▶ [INPUT DATA]
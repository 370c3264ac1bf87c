//! The paths of an array.
ghost use Rattle.std.specs.Prelude.{◌≡◌, ◌⊎◌, IfOk, IfErr, ◌++◌, ◌∷◌, [], Some, None, length, map};
ghost use Rattle.columns_base.specs.declared.error.Error.TheVariants.{Memory};
ghost use Rattle.shredding.specs.Shape.{ways};
ghost use Rattle.columns_slots.specs.Slots.{slots};
ghost use Rattle.columns_array.specs.Boxed.{boxed, all_boxed};
ghost use Rattle.pq_tree.specs.Tree.{leaves};
ghost use Rattle.pq_tree.specs.TreeViews.{tree_view, trees_view};
ghost use Rattle.nested_paths.specs.Paths.{misfit, misfits, paths, paths_in, part_at};
ghost use Rattle.levels.specs.Nested.{parts_of};
ghost use Rattle.nested_paths.specs.Nodes.{is_optional};
ghost use Rattle.nested_paths.specs.Leaves.{array_leaves};
ghost use Rattle.nested_paths.specs.Levels.{path_levels, leaf_levels};
ghost use Rattle.nested_paths.specs.Seen.{read_by, shape_by, AreSeen};
ghost use Rattle.nested_paths.specs.Kinds.{is_large_array, kinds, kinds_in, kinds_of, kinds_below, all_kinds};
ghost use Rattle.nested_paths.specs.Taken.{all_parts, TakesPaths};

use crate::inner::{Inner, inner_of, part_of};
use crate::nodes::{field_nodes, is_leaf_node, is_optional, item_node};
use columns_array::ArrayBox;
use columns_base::{A, Error, N, Result};
use levels::Nested;
use pq_tree::ParquetType;
use std::alloc::Global;

const DIFFERS: Error = Error::InvalidArgumentError(A::A8);

/// The paths of an array along a tree of columns, one for each leaf, in order: the parts from the outermost array to the leaf. A map is
/// a list, and a list keeps the size of its offsets. A part is optional where its node in the tree is. Masks and offsets are shared with
/// the array.
///
/// # Errors
///
/// The first place is told, from the outside in and in the order of fields.
///
/// - `InvalidArgumentError(A8)`: array and tree differ in kind or in the number of children.
/// - `NotYetImplemented(N5)`: there are lists of a fixed size.
/// - `Memory`: memory ran out.
pub fn to_nested(alloc: Global, array: &ArrayBox, type_: &ParquetType) -> Result<Vec<Vec<Nested>>>
    ensures ok { IfOk result (λ found. all_parts found.items ≡ paths (boxed array.now) (tree_view type_.now)) }
    ensures kinds { IfOk result (λ found. all_kinds found.items ≡ kinds (boxed array.now)) }
    ensures fits { IfOk result (λ found. misfit (boxed array.now) (tree_view type_.now) ≡ None) }
    ensures seen { IfOk result (λ found. AreSeen (slots (read_by (boxed array.now) (tree_view type_.now)))
        (ways (shape_by (boxed array.now) (tree_view type_.now))) (all_parts found.items)
        (array_leaves (boxed array.now))) }
    ensures levels { IfOk result (λ found. map path_levels (all_parts found.items)
        ≡ map leaf_levels (leaves (tree_view type_.now))) }
    ensures err { IfErr result (λ e. (e ≡ Memory) ⊎ (misfit (boxed array.now) (tree_view type_.now) ≡ Some e)) }
{
    array.know();
    let mut found = Vec::new(alloc);
    push_paths(alloc, array, type_, &[], &mut found)?;
    Ok(found)
}

#[cycle(paths)]
fn push_paths(
    alloc: Global,
    array: &ArrayBox,
    node: &ParquetType,
    parents: &[Nested],
    found: &mut Vec<Vec<Nested>>,
) -> Result<()>
    ensures taken { TakesPaths (parts_of parents.now) (all_parts found.old.items) (all_parts found.new.items)
        (paths (boxed array.now) (tree_view node.now)) (misfit (boxed array.now) (tree_view node.now)) result }
    ensures kinds { IfOk result (λ u. all_kinds found.new.items ≡ all_kinds found.old.items
        ++ kinds_below (kinds_of parents.now) (kinds (boxed array.now))) }
{
    match inner_of(array) {
        Inner::Leaf => {
            if !is_leaf_node(node) {
                return Err(DIFFERS);
            }
            found.push(path_to(alloc, parents, array, node)?)?;
            Ok(())
        }
        Inner::Items(items) => {
            let Some(item) = item_node(node) else {
                return Err(DIFFERS);
            };
            let path = path_to(alloc, parents, array, node)?;
            push_paths(alloc, items, item, &path, found)
        }
        Inner::Fields(arrays) => {
            let Some(nodes) = field_nodes(node) else {
                return Err(DIFFERS);
            };
            if arrays.len() != nodes.len() {
                return Err(DIFFERS);
            }
            let path = path_to(alloc, parents, array, node)?;
            push_all_paths(alloc, arrays, nodes, &path, found)
        }
        Inner::Fixed => Err(Error::NotYetImplemented(N::N5)),
    }
}

// The paths of a struct's fields, one field after another.
#[cycle(paths)]
fn push_all_paths(
    alloc: Global,
    arrays: &[ArrayBox],
    nodes: &[ParquetType],
    parents: &[Nested],
    found: &mut Vec<Vec<Nested>>,
) -> Result<()>
    requires { length arrays.now ≡ length nodes.now }
    ensures taken { TakesPaths (parts_of parents.now) (all_parts found.old.items) (all_parts found.new.items)
        (paths_in (all_boxed arrays.now) (trees_view nodes.now))
        (misfits (all_boxed arrays.now) (trees_view nodes.now)) result }
    ensures kinds { IfOk result (λ u. all_kinds found.new.items ≡ all_kinds found.old.items
        ++ kinds_below (kinds_of parents.now) (kinds_in (all_boxed arrays.now))) }
{
    for i in 0..arrays.len() {
        push_paths(alloc, &arrays[i], &nodes[i], parents, found)?;
    }
    Ok(())
}

// The parts down to an array.
fn path_to(
    alloc: Global,
    parents: &[Nested],
    array: &ArrayBox,
    node: &ParquetType,
) -> Result<Vec<Nested>>
    ensures ok { IfOk result (λ path. parts_of path.items ≡ parts_of parents.now
        ++ part_at (is_optional (tree_view node.now)) (boxed array.now) ∷ []) }
    ensures kinds { IfOk result (λ path. kinds_of path.items ≡ kinds_of parents.now ++ is_large_array (boxed array.now)
        ∷ []) }
    ensures err { IfErr result (λ e. e ≡ Memory) }
{
    let mut path = copy_of(alloc, parents)?;
    path.push(part_of(array, is_optional(node))?)?;
    Ok(path)
}

fn copy_of(alloc: Global, parents: &[Nested]) -> Result<Vec<Nested>>
    ensures ok { IfOk result (λ path. path.items ≡ parents.now) }
    ensures err { IfErr result (λ e. e ≡ Memory) }
{
    let mut path = Vec::with_capacity(alloc, parents.len())?;
    for parent in parents {
        path.push(parent.clone()?)?;
    }
    Ok(path)
}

▶ [WORK TO COMPLETE] Copy out each line from the preceding entries that mentions the word "Some".

▶ [EXPECTED OUTPUT]
ghost use Rattle.std.specs.Prelude.{◌≡◌, ◌⊎◌, IfOk, IfErr, ◌++◌, ◌∷◌, [], Some, None, length, map};
    ensures err { IfErr result (λ e. (e ≡ Memory) ⊎ (misfit (boxed array.now) (tree_view type_.now) ≡ Some e)) }
            let Some(item) = item_node(node) else {
            let Some(nodes) = field_nodes(node) else {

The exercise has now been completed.